不再需要任何人的幫助,正如他以往做的那樣。

而他其實也從未給他提供過任何幫助。

雲雀恭彌從始自終都知道,澤田綱吉從未向過任何人尋求幫助過,從前是如此,現在更是如此。

"是該高興,你已經不再是從前的小動物了。所以才能讓我說出來這句話。"

"走了,你也早點回去休息吧。"

"也對,雲雀學長你要是再不回去的話草壁學長會擔心的。"

說完,雲雀恭彌就留下澤田綱吉一人,獨自離去。

雖然彭格列總部有他的房間,但是他從來都不會住在這裏,而是住在他自己的私家別墅裏。

雲雀恭彌借著月色在外面走著,他走到了一處角落後就停了下來。"這就是你不惜拉下臉也要求我辦的事?怎麽,現在你滿意了嗎。"

獄寺隼人就靠坐在墻邊,面露兇色,面對著雲雀恭彌地詢問不支一聲,過了一會兒他才說道,"滾,我可比你這種人更了解十代目。"

雲雀恭彌嘴角帶笑,嘲笑道:"也許你可以改一改你對除了澤田綱吉外的任何人都沒有耐心的毛病,這樣也許他可能也會更多的去依靠你們點。"

"我說得是嗎,山本武。"

“竟然被你給發現了,那就沒辦法了。”一個高大的身軀逐漸暴露在了月光之中,被雲雀恭彌喚到名字的山本武從樹叢裏面走了出來。

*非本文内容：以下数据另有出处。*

//! What is the matter with the last of so many lines.

use crate::reason::{CommandName, Obstacle, Unexplained};
use entry_codec::{Sqe, Status};
use fused_match::{Judged, judge};
use nvme_model::operation::Op;
use trace_walk::{Awaited, Line, Published, TraceTables};

fn command_of(sqe: &Sqe) -> CommandName {
    if sqe.is_flush() {
        CommandName::Flush
    } else if sqe.is_write() {
        CommandName::Write
    } else if sqe.is_read() {
        CommandName::Read
    } else if sqe.is_compare() {
        CommandName::Compare
    } else if sqe.is_write_zeroes() {
        CommandName::WriteZeroes
    } else {
        CommandName::Other
    }
}

// Whether a command that is judged so can end with this status, and so many bytes of data.
fn can_end(judged: &Judged, second: bool, status: Status, length: usize) -> bool {
    let success = status == Status::SUCCESS;
    match judged {
        Judged::Flush => success && length == 0,
        Judged::Single(Op::Read, range) => success
            && length == (range.blocks as usize).saturating_mul(512),
        Judged::Single(Op::Compare, _) => (success || status == Status::COMPARE_FAILURE)
            && length == 0,
        Judged::Single(_, _) => success && length == 0,
        Judged::Pair(_) => {
            let failed = if second {
                Status::FAILED_FUSED
            } else {
                Status::COMPARE_FAILURE
            };
            (success || status == failed) && length == 0
        }
        Judged::SingleFailed(due) => status == *due && length == 0,
        Judged::PairFailed(first, other) => status == (if second { *other } else { *first })
            && length == 0,
    }
}

// What becomes of the entry of this number, or of the pair that it is the second of.
fn judged_at(tables: &TraceTables, queue: usize, number: usize) -> Option<(Judged, bool)> {
    let entry = tables.entry(queue, number)?;
    let before = number.checked_sub(1);
    if entry.item.sqe().fuse() == 2 {
        if let Some(first) = before.and_then(|before| tables.entry(queue, before)) {
            if first.item.sqe().fuse() == 1 {
                let judged = judge(
                    &first.item,
                    Some(&entry.item),
                    &[],
                    &tables.units,
                    tables.numbers.blocks,
                );
                return Some((judged, true));
            }
        }
    }
    let next = tables
        .entry(queue, number.saturating_add(1))
        .map(|next| next.item);
    let judged = judge(
        &entry.item,
        next.as_ref(),
        &[],
        &tables.units,
        tables.numbers.blocks,
    );
    Some((judged, false))
}

// Whether a status can only come of which identifiers were in use, or of which entries were published.
fn is_of_the_moment(status: Status) -> bool {
    status == Status::CID_CONFLICT
        || status == Status::MISSING_FUSED
        || status == Status::FAILED_FUSED
}

// Whether a status says that nothing was done.
fn is_nothing(status: Status) -> bool {
    status != Status::SUCCESS && status != Status::COMPARE_FAILURE
}

// Whether an entry writes this value to a block.
fn writes(tables: &TraceTables, entry: &Published, block: u64, value: u64) -> bool {
    let sqe = entry.item.sqe();
    let place = block.saturating_sub(sqe.slba());
    sqe.is_write()
        && !entry.refused
        && block >= sqe.slba()
        && place < u64::from(sqe.blocks())
        && tables.value(entry.values.saturating_add(place.min(65_535) as usize)) == value
}

// Whether any entry writes this value to a block.
fn is_written(tables: &TraceTables, block: u64, value: u64) -> bool {
    if value == 0 {
        return true;
    }
    for entries in tables.entries.as_slice() {
        for entry in entries.as_slice() {
            if writes(tables, entry, block, value) {
                return true;
            }
        }
    }
    false
}

// The first block of a Read whose value nobody writes.
fn unwritten(tables: &TraceTables, sqe: &Sqe, completion: &Awaited) -> Option<u64> {
    let unknown = tables.options.contents_unknown;
    if unknown || !sqe.is_read() || completion.cqe.status != Status::SUCCESS {
        return None;
    }
    for k in 0..completion.length / 512 {
        let block = sqe.slba().saturating_add(k as u64);
        let value = tables.value(completion.values.saturating_add(k));
        if !is_written(tables, block, value) {
            return Some(block);
        }
    }
    None
}

// The least number, this or a greater one, of entries fetched that an SQHD can mean.
fn next_at(number: usize, head: usize, size: usize) -> usize {
    let Some(place) = number.checked_rem(size) else {
        return number;
    };
    if place <= head {
        number.saturating_add(head - place)
    } else {
        number
            .saturating_add(size.saturating_sub(place))
            .saturating_add(head)
    }
}

// Whether the SQHD of a completion, the last one, can mean a number of entries that were published.
fn has_head(tables: &TraceTables, completion: &Awaited) -> bool {
    let size = usize::from(tables.numbers.sq_size);
    let mut fetched = 0usize;
    let count = match tables.awaited.get(completion.queue) {
        Some(awaited) => awaited.len(),
        None => 0,
    };
    for number in 0..count {
        if let Some(one) = tables.awaited(completion.queue, number) {
            let head = usize::from(one.cqe.sqhd);
            if head >= size {
                return false;
            }
            fetched = next_at(fetched, head, size);
        }
    }
    match tables.entries.get(completion.queue) {
        Some(entries) => fetched <= entries.len(),
        None => false,
    }
}

fn why_of(tables: &TraceTables, completion: &Awaited, entry: &Published) -> Obstacle {
    let sqe = entry.item.sqe();
    let status = completion.cqe.status;
    if let Some((judged, second)) = judged_at(tables, completion.queue, completion.entry) {
        let any = tables.options.statuses_any && is_nothing(status);
        if !any
            && !can_end(&judged, second, status, completion.length)
            && !is_of_the_moment(status)
        {
            return Obstacle::Status;
        }
    }
    if !tables.options.ignored.sqhd && !has_head(tables, completion) {
        return Obstacle::Head;
    }
    match unwritten(tables, &sqe, completion) {
        Some(block) => Obstacle::Value(block),
        None => Obstacle::Order,
    }
}

// What is the matter with a completion, the last line.
fn completion_reason(tables: &TraceTables, lines: usize, completion: &Awaited) -> Unexplained {
    let mut reason = Unexplained {
        lines,
        why: Obstacle::NoCommand,
        queue: completion.cqe.sqid,
        cid: completion.cqe.cid,
        command: CommandName::Other,
        published: 0,
    };
    if let Some(entry) = tables.entry(completion.queue, completion.entry) {
        if entry.line < completion.line {
            reason.why = why_of(tables, completion, &entry);
            reason.command = command_of(&entry.item.sqe());
            reason.published = entry.line.saturating_add(1);
        }
    }
    reason
}

/// What is the matter with the last of so many lines, which these tables are of.
pub(crate) fn reason_of(tables: &TraceTables, lines: usize) -> Unexplained {
    let plain = Unexplained {
        lines,
        why: Obstacle::NoRoom,
        queue: 0,
        cid: 0,
        command: CommandName::Other,
        published: 0,
    };
    if let Some(unfit) = tables.unfit {
        return Unexplained {
            why: Obstacle::Unfit(unfit),
            ..plain
        };
    }
    match (tables.lines.last(), tables.completions.last()) {
        (Some(Line::Reap(_)), Some(completion)) => completion_reason(tables, lines, completion),
        (Some(Line::Reap(_)), None) | (Some(Line::Publish(_, _, _)) | None, _) => plain,
    }
}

看著背著一把刀現身的男人,獄寺隼人對其兇道:“可惡!你不是被十代目派去執行任務了嗎?你怎麽會在這裏!”

山本武撓了撓頭,有點苦惱地看著問也不問就給他直接扣帽子的獄寺隼人,“執行完了,當然就回來了。”

“你們深更半夜,這是在開會嗎?”

“當然不是。”獄寺隼人說著這話時已經站起了身,想起自己聽到的那些話,他薄荷色的眼閃過一層陰霾。

他發洩似的用腳踢了踢墻根,即使是到了現在,他的暴脾氣也沒見得改正了多少。

“我要先回去了。”他說道。

山本武上前一步跟上,“那好吧,我跟你一起。”

山本武和獄寺隼人現在都是住在彭格列總部,他們回去是順路的。

而直接被兩人無視的雲雀恭彌什麽也沒說,也同樣離開了這裏。

只是跟他們走的並不是同一條路。